Pucher notes that the countries he studied all offer high-quality separated biking and walking infrastructure, good transit, and robust networks of automated enforcement like speed cameras that are backed up by strong and consistent penalties.

"American drivers aren't mean, nasty people," Pucher. "It’s that the police and the courts allow them to get away with murder, frankly. Many American cities actually prohibit the use of speed cameras to catch motorists who are speeding, running red lights, or failing to yield to pedestrians. In Germany and the Netherlands, those cameras are everywhere."

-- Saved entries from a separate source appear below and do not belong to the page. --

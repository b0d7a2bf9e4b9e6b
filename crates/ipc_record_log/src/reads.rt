//! What is read of a disk, piece by piece. No call changes a byte, or an image.
ghost use Rattle.std.specs.Prelude.{◌≡◌, ◌≢◌, ◌⊎◌, ◌+◌, ◌-◌, ◌^◌, ◌<◌, ◌≤◌, List, ℕ, suc, length, take, drop, get_or, Some, None, Ok, Err, IfErr, IfOk, IfSome, OnOk, MatchOption};
ghost use Rattle.std.specs.Int.{w64, from_le_bytes};
ghost use Rattle.ipc_io.specs.Outside.{IsSize, PassesEnd, Rose, StandsAt};
ghost use Rattle.ipc_record_log.specs.Logs.{OnlyReads, invalid_log, truncated};
ghost use Rattle.ipc_record_log.specs.Records.{length_bytes, log_records, magic, open_record, records_from};
ghost use Rattle.arrow_spec.specs.declared.error.IpcError.TheVariants.{Memory, ReadFault};

use crate::Span;
use arrow_spec::{IpcError, OutOfSpecKind};
use ipc_io::Got;
use ipc_log_disk::LogDisk;
use std::alloc::Global;

/// The first bytes of a log.
pub(crate) const MAGIC: [u8; 8] = [65, 82, 84, 66, 76, 79, 71, 49];

/// The number of bytes.
pub(crate) fn size_of<D: LogDisk>(disk: &mut D) -> Result<u64, IpcError>
    ensures size { IfOk result (λ n. IsSize (D.content disk.old) n) }
    ensures bound { IfOk result (λ n. n < 2 ^ 63) }
    ensures kept { OnlyReads D.content D.images D.moment D.images_since D.faults D.wants D.references disk.old disk.new }
    ensures err { IfErr result (λ e. (e ≡ ReadFault) × Rose (D.faults disk.old) (D.faults disk.new)) }
{
    Ok(disk.size()?)
}

/// Fills `out` with the bytes from a place on. Where they end before, they are no log's.
pub(crate) fn read_all<D: LogDisk>(disk: &mut D, at: u64, out: &mut [u8]) -> Result<(), IpcError>
    ensures bytes { OnOk result (StandsAt (D.content disk.old) at out.new) }
    ensures kept { OnlyReads D.content D.images D.moment D.images_since D.faults D.wants D.references disk.old disk.new }
    ensures err { IfErr result (λ e. ((e ≡ ReadFault) × Rose (D.faults disk.old) (D.faults disk.new)) ⊎ ((e ≡ invalid_log) × PassesEnd (D.content disk.old) at (length out.new))) }
{
    match disk.read_at(at, out)? {
        Got::Full => Ok(()),
        Got::Short => Err(IpcError::OutOfSpec(OutOfSpecKind::InvalidLog)),
    }
}

/// Whether a log's first bytes stand there.
pub(crate) fn has_magic<D: LogDisk>(disk: &mut D, size: u64) -> Result<(), IpcError>
    requires size { IsSize (D.content disk.old) size }
    ensures front { OnOk result ((b : List ℕ) → D.content disk.old ≡ Some b → (8 ≤ length b) × (take 8 b ≡ magic)) }
    ensures size_front { OnOk result (8 ≤ size) }
    ensures kept { OnlyReads D.content D.images D.moment D.images_since D.faults D.wants D.references disk.old disk.new }
    ensures err { IfErr result (λ e. ((e ≡ ReadFault) × Rose (D.faults disk.old) (D.faults disk.new))
        ⊎ ((e ≡ invalid_log) × ((b : List ℕ) → D.content disk.old ≡ Some b → log_records b ≡ None))) }
{
    if size < 8 {
        return Err(IpcError::OutOfSpec(OutOfSpecKind::InvalidLog));
    }
    let mut front = [0; 8];
    read_all(disk, 0, &mut front)?;
    if front != MAGIC {
        return Err(IpcError::OutOfSpec(OutOfSpecKind::InvalidLog));
    }
    Ok(())
}

/// A length as it is written.
#[tactic(auto, using(crate::proofs::Walking::eight_bytes))]
fn stated_length(stated: &[u8; 8]) -> u64
    ensures reads { result ≡ from_le_bytes w64 stated.now }
    ensures written { length_bytes result ≡ stated.now }
{
    u64::from_le_bytes(*stated)
}

/// The length of an open record whose gate stands at a place; none where the gate there is closed.
pub(crate) fn record_at<D: LogDisk>(
    disk: &mut D,
    at: u64,
    size: u64,
) -> Result<Option<u64>, IpcError>
    requires size { IsSize (D.content disk.old) size }
    requires near { size < 2 ^ 63 }
    ensures inside { IfOk result (λ found. IfSome found (λ n. at + (16 + n) ≤ size)) }
    ensures within { OnOk result (at < size) }
    ensures found { IfOk result (λ found. (b : List ℕ) → D.content disk.old ≡ Some b → MatchOption found
        (get_or b at 1 ≢ 1)
        (λ n. take (16 + n) (drop at b) ≡ open_record (take n (drop (at + 16) b)))) }
    ensures kept { OnlyReads D.content D.images D.moment D.images_since D.faults D.wants D.references disk.old disk.new }
    ensures err { IfErr result (λ e. ((e ≡ ReadFault) × Rose (D.faults disk.old) (D.faults disk.new))
        ⊎ ((e ≡ invalid_log) × ((b : List ℕ) → D.content disk.old ≡ Some b → (most : ℕ) → records_from (suc most) (drop at b) ≡ None))) }
{
    if at >= size {
        return Err(IpcError::OutOfSpec(OutOfSpecKind::InvalidLog));
    }
    let mut gate = [0; 1];
    read_all(disk, at, &mut gate)?;
    if gate[0] != 1 {
        return Ok(None);
    }
    if size - at < 16 {
        return Err(IpcError::OutOfSpec(OutOfSpecKind::InvalidLog));
    }
    let mut zeros = [0; 7];
    read_all(disk, at + 1, &mut zeros)?;
    let mut stated = [0; 8];
    read_all(disk, at + 8, &mut stated)?;
    let length = stated_length(&stated);
    if zeros != [0; 7] || length > size - at - 16 {
        return Err(IpcError::OutOfSpec(OutOfSpecKind::InvalidLog));
    }
    Ok(Some(length))
}

/// The bytes of a record.
pub(crate) fn read_span<D: LogDisk>(
    alloc: Global,
    disk: &mut D,
    span: Span,
) -> Result<Vec<u8>, IpcError>
    ensures bytes { IfOk result (λ v. (length v.items ≡ span.length) × StandsAt (D.content disk.old) span.at v.items) }
    ensures kept { OnlyReads D.content D.images D.moment D.images_since D.faults D.wants D.references disk.old disk.new }
    ensures err { IfErr result (λ e. (e ≡ Memory) ⊎ ((e ≡ ReadFault) × Rose (D.faults disk.old) (D.faults disk.new))
        ⊎ ((e ≡ truncated) × PassesEnd (D.content disk.old) span.at span.length)) }
{
    let mut bytes = vec![in alloc; 0; span.length as usize]?;
    match disk.read_at(span.at, &mut bytes)? {
        Got::Full => Ok(bytes),
        Got::Short => Err(IpcError::OutOfSpec(OutOfSpecKind::Truncated)),
    }
}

Of course, the European countries in the study have a very different relationship to traffic law enforcement and urban planning than America does, in large part because of our country's unique history of structural racism.  In all four EU nations in the paper, over 81 percent of the population identifies as White, compared to just 72 percent of U.S. residents — and none of the Europeans live with precisely the same legacies of slavery, Jim Crow segregation, disparities in police violence against Black people, or the United States' particularly racist applications of urban renewal, red-lining and eminent domain, among other atrocities.

The ongoing weight of that violence in U.S. culture makes cultivating more bike- and walk-friendly places a fundamentally different project than in Europe, especially as the leaders who would be responsible for implementing those changes are still overwhelmingly White, and too often fail to center the voices of communities of color and use transportation reform as a true tool of reparations.

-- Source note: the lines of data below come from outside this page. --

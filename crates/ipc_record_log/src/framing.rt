//! A record as it is written.
ghost use Rattle.std.specs.Prelude.{◌≡◌, ◌++◌, ◌∷◌, [], OnOk};
ghost use Rattle.ipc_record_log.specs.Records.{behind_gate};

use std::alloc::AllocError;

#[tactic(auto, using(std::proofs::lemmas::List::append_assoc), unfolding(crate::specs::Records::length_bytes))]
/// Adds what stands behind a record's gate, and a closed gate.
pub(crate) fn push_record(out: &mut Vec<u8>, bytes: &[u8]) -> Result<(), AllocError>
    ensures { OnOk result (out.new.items ≡ out.old.items ++ (behind_gate bytes.now ++ 0 ∷ [])) }
{
    out.extend_from_slice(&[0; 7])?;
    out.extend_from_slice(&(bytes.len() as u64).to_le_bytes())?;
    out.extend_from_slice(bytes)?;
    out.push(0)?;
    Ok(())
}
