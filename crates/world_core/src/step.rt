use shelf::Apps;
use waf_plain::Bytes;

/// A step. `R` is a handle of rules.
#[derive(Drop)]
pub enum Step<R> {
    /// A connection is opened.
    Open(u32),
    /// HAProxy sends these bytes on a connection.
    Feed(u32, Bytes),
    /// HAProxy ends its side of a connection.
    End(u32),
    /// A connection meets its next need.
    Act(u32),
    /// The clock goes on by so many units.
    Tick(u64),
    /// A shard lets go of what is due longest.
    Expire(u32),
    /// These applications are in force from here on.
    Reload(Apps<R>),
    /// How many transactions run, and how many are parked.
    Stats,
}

"There is no moving forward without acknowledging this historic and tethered relationship between public space, enforcement and anti-Blackness," wrote planner Amina Yasin. " It is unacceptable for our profession to continue to ignore the I can’t breathe call for life-saving aid from racialized communities being strangled by city planning initiatives and policing."

But Pucher believes that we can catch up to our European counterparts while meaningfully correcting racial inequities — and it starts with quantifying exactly how far we've fallen behind.

"I think it’s absolutely essential for us to explain in a clear, understandable way why we need to make our cities less car dependent," he said. "The political problems are challenging, but we know how to do it."